Wells, seeing as how I have no readers, I think I'll cut loose. In light of recent developments in my life, I can't help but turn an introverted eye to the path that has led me here. Ten years ago I was 18, and I had no doubts about who I was. (Side note: I just erased 30 minutes of boring, irrelevant personal history that was ultimately pointless)
I've spent quite a lot my free time trying to figure out where things went wrong. I've also been considering the quality of the people that I've surrounded myself with. In regards to the first part, I don't really think anything went wrong. I'm starting to believe that it was simply forced, a complicated response in the face of being re-introduced into reality. Maybe it was pushed to far, but in the end, there is only so far that you can push something until it falls apart from the pressure. I don't regret the journey.
There once was a period in my life where, in my arrogance, I felt as if I was the center of my social universe. I was the the manifest pivot, the sun in which all of my friends revolved around. When I left, they lost their orbit and spun out across the now empty universe, no longer a system of tightly interwoven entities within the social structure. I've been told more than a few times that this is actually a fact. And while possibly true, it was arrogant of me to presume. The pattern supports the theory, but I feel there is something more to it. I have been shaped by the people that I have chosen to be in my life, and I feel this more keenly than ever. Quite simply, I have been forever blessed in friends.
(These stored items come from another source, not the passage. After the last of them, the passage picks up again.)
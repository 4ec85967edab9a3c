//! The end of all threads.
ghost use Rattle.std.specs.Prelude.{◌≡◌, IfErr, IfOk, OnOk};
ghost use Rattle.crew.specs.Closing.{ClosesRuns};
ghost use Rattle.house.specs.Seats.{after_events};
ghost use Rattle.house.specs.Views.{RefusesSomewhere};
ghost use Rattle.player_events.specs.declared.event.Event.TheVariants.{End};

use crate::settling::join_outputs;
use crate::start::Crew;
use crew_steps::DecoderEnd;
use house::{CrewShares, House, Ledgers, Seat, Settlement};
use partition::PartitionFault;
use std::sync::Wait;
use std::thread::Threads;

/// Makes the end event, joins all threads of the crew, and settles all outputs once all shares are back.
///
/// # Errors
///
/// As [`House::end`]; the crew is given back, and goes on.
pub fn close<L: Ledgers, R: Threads + Wait>(
    rt: &R,
    house: &House<L>,
    seat: &mut Seat<L>,
    crew: Crew<L>,
) -> Result<Vec<Settlement<L>>, (Crew<L>, PartitionFault)>
    ensures made { OnOk result (seat.new ≡ after_events seat.old 1) }
    ensures fault { IfErr result (λ e. (e.0 ≡ crew) × (seat.new ≡ seat.old)) }
    ensures refused { IfErr result (λ e. RefusesSomewhere seat.old End e.1) }
    ensures settled { IfOk result (λ results. ClosesRuns crew.outputs.items results.items) }
{
    if let Err(fault) = house.end(rt, seat) {
        return Err((crew, fault));
    }
    let Crew {
        decoder,
        outputs,
        scanner,
        mut shares,
        ended,
        results,
    } = crew;
    if let Some(scanner) = scanner {
        scanner.join(rt);
    }
    let DecoderEnd {
        ends,
        share: decoded,
    } = decoder.join(rt);
    let rings = join_outputs(rt, outputs, ends, &mut shares, ended);
    let shares = CrewShares {
        decoded,
        outputs: shares,
    };
    Ok(house.settle_all(rt, shares, rings, results))
}

/// Lets a crew go that was not closed: its threads go on. It is a function of its own so that a caller's
/// proof does not go through all that a crew has.
pub fn let_go<L: Ledgers>(_crew: Crew<L>) {}
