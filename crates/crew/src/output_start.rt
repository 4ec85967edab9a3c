//! The start of an output's thread.
ghost use Rattle.std.specs.Prelude.{◌≡◌, IfOk, false};
ghost use Rattle.frame_ledger.specs.Shares.{HasOnePart};
ghost use Rattle.output_ring.specs.Rings.{SameDrainer, has_failed};
ghost use Rattle.crew.specs.Promises.{HandsBack};
ghost use Rattle.crew.specs.Rows.{drainer_of_run, output_of_run};
ghost use Rattle.crew_steps.specs.Turns.{HasRun};

use crate::output::{OfOutput, OutputRun};
use counted_devices::Sink;
use crew_steps::{Draining, Gate, OutputEnd, OutputSetup};
use frame_ledger::OutputShares;
use house::{Discarded, House, Ledgers, Written};
use output_ring::{Drainer, Feeder};
use std::alloc::{AllocError, Global};
use std::snapshot::Snapshot;
use std::sync::{Arc, Wait};
use std::thread;
use std::thread::{PromisedHandle, Threads};
use std::time::Clock;

/// What the thread of an output takes with it.
#[derive(Drop)]
struct OutputArguments<L: Ledgers, O, G> {
    gate: Arc<G, Global>,
    output: usize,
    writer: O,
    shares: OutputShares<Written<L>, Discarded<L>>,
    ghost parts: { HasOnePart shares },
}

/// Drains frames until it is told of the end.
#[tactic(auto, using(crate::proofs::Numbers::ran))]
fn drain<L: Ledgers, O: Sink + Drop, G: Gate + Drop, R: Wait + Clock + Copy>(
    rt: R,
    house: Arc<House<L>, Global>,
    arguments: OutputArguments<L, O, G>,
    drainer: Drainer,
) -> OutputEnd<L>
    requires { has_failed drainer ≡ false }
    ensures ring { SameDrainer drainer result.drainer }
    ensures runs { HasRun arguments.output drainer result.drainer }
{
    let OutputArguments {
        gate,
        output,
        writer,
        shares,
    } = arguments;
    Draining::new(&rt, &*house, &*gate, output, writer, shares).run(drainer)
}

/// Starts the thread of an output.
fn start_thread<
    L: Ledgers + Send + Sync + 'static,
    O: Sink + Drop + Send + 'static,
    G: Gate + Drop + Send + Sync + 'static,
    R: Threads + Wait + Clock + Copy + Send + 'static,
>(
    rt: R,
    house: Arc<House<L>, Global>,
    arguments: OutputArguments<L, O, G>,
    drainer: Drainer,
) -> Result<PromisedHandle<OutputEnd<L>, OfOutput>, AllocError>
    requires { has_failed drainer ≡ false }
    ensures output { IfOk result (λ handle. handle.promise.output ≡ arguments.output) }
    ensures drainer { IfOk result (λ handle. handle.promise.drainer.value ≡ drainer) }
{
    let of_output = OfOutput {
        output: arguments.output,
        drainer: Snapshot::of(&drainer),
    };
    let handle = thread::spawn_with(
        &rt,
        of_output,
        move || -> OutputEnd<L>
            requires { has_failed drainer ≡ false }
            ensures { HandsBack arguments.output drainer result.drainer }
        { drain(rt, house, arguments, drainer) },
    )?;
    Ok(handle)
}

/// Starts the thread of an output, and gives the decoder's end of its ring.
pub(crate) fn start_output<
    L: Ledgers + Send + Sync + 'static,
    O: Sink + Drop + Send + 'static,
    G: Gate + Drop + Send + Sync + 'static,
    R: Threads + Wait + Clock + Copy + Send + 'static,
>(
    rt: R,
    house: &Arc<House<L>, Global>,
    gate: &Arc<G, Global>,
    output: usize,
    output_setup: OutputSetup<O>,
    shares: OutputShares<Written<L>, Discarded<L>>,
) -> Result<(OutputRun<L>, Feeder), AllocError>
    requires { HasOnePart shares }
    ensures first { IfOk result (λ r. r.0.first.value ≡ output_setup.feeder) }
    ensures drainer { IfOk result (λ r. drainer_of_run r.0 ≡ output_setup.drainer) }
    ensures feeder { IfOk result (λ r. r.1 ≡ output_setup.feeder) }
    ensures output { IfOk result (λ r. output_of_run r.0 ≡ output) }
{
    let OutputSetup {
        feeder,
        drainer,
        writer,
    } = output_setup;
    let house = Arc::try_clone(house)?;
    let gate = Arc::try_clone(gate)?;
    let first = Snapshot::of(&feeder);
    let arguments = OutputArguments {
        gate,
        output,
        writer,
        shares,
    };
    let handle = start_thread(rt, house, arguments, drainer)?;
    Ok((OutputRun { handle, first }, feeder))
}
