//! The threads of all outputs.
ghost use Rattle.std.specs.Prelude.{◌≡◌, ◌≤◌, map, IfOk, vec_len};
ghost use Rattle.std.specs.List.{range_with_len};
ghost use Rattle.frame_ledger.specs.Shares.{AreEmpty, HasPartsBut};
ghost use Rattle.crew.specs.Rows.{drainers_of, firsts_of, numbers_of};
ghost use Rattle.crew_steps.specs.OutputSetups.{feeder_of_setup, drainer_of_setup};

use crate::output_runs::OutputRuns;
use crate::output_start::start_output;
use counted_devices::Sink;
use crew_steps::{Gate, OutputSetup};
use frame_ledger::OutputShares;
use house::{Discarded, House, Ledgers, Written};
use std::alloc::{AllocError, Global};
use std::sync::{Arc, Wait};
use std::thread::Threads;
use std::time::Clock;

/// Starts the thread of each output: the one at each index speaks for the output of that number.
#[tactic(auto, using(crate::proofs::Numbers::one_more))]
pub fn start_outputs<
    L: Ledgers + Send + Sync + 'static,
    O: Sink + Drop + Send + 'static,
    G: Gate + Drop + Send + Sync + 'static,
    R: Threads + Wait + Clock + Copy + Send + 'static,
>(
    rt: R,
    alloc: Global,
    house: &Arc<House<L>, Global>,
    gate: &Arc<G, Global>,
    output_setups: Vec<OutputSetup<O>>,
    shares: OutputShares<Written<L>, Discarded<L>>,
) -> Result<OutputRuns<L>, AllocError>
    requires few { vec_len output_setups ≤ 8 }
    requires parts { HasPartsBut 0 shares }
    requires empty { AreEmpty shares }
    ensures runs { IfOk result (λ r. firsts_of r.runs ≡ map feeder_of_setup output_setups.items) }
    ensures drainers { IfOk result (λ r. drainers_of r.runs ≡ map drainer_of_setup output_setups.items) }
    ensures numbers { IfOk result (λ r. numbers_of r.runs ≡ range_with_len 0 (vec_len output_setups)) }
    ensures count { IfOk result (λ r. vec_len r.runs ≡ vec_len output_setups) }
{
    let OutputShares {
        mut written,
        mut discarded,
    } = shares;
    let mut runs = Vec::new(alloc);
    let mut feeders = Vec::new(alloc);
    for output_setup in output_setups {
        let one = OutputShares {
            written: written.split_off(1, 0),
            discarded: discarded.split_off(1, 0),
        };
        let (run, feeder) = start_output(rt, house, gate, runs.len(), output_setup, one)?;
        runs.push(run)?;
        feeders.push(feeder)?;
    }
    Ok(OutputRuns {
        runs,
        feeders,
        shares: OutputShares { written, discarded },
    })
}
Those who love without question, judge without malice, those who hold me up when I lack the strength to stand and light a candle in my darkest moments. I remember you all vividly, and lament and mourn those who spun out too far to be pulled back into my universe.
So, in the face of yet another deployment, the walk upon the sands of hell on earth, I smile. I know who I am again, and I know there are those out there who will stand for me, whether I rise too high or fall into the darkness.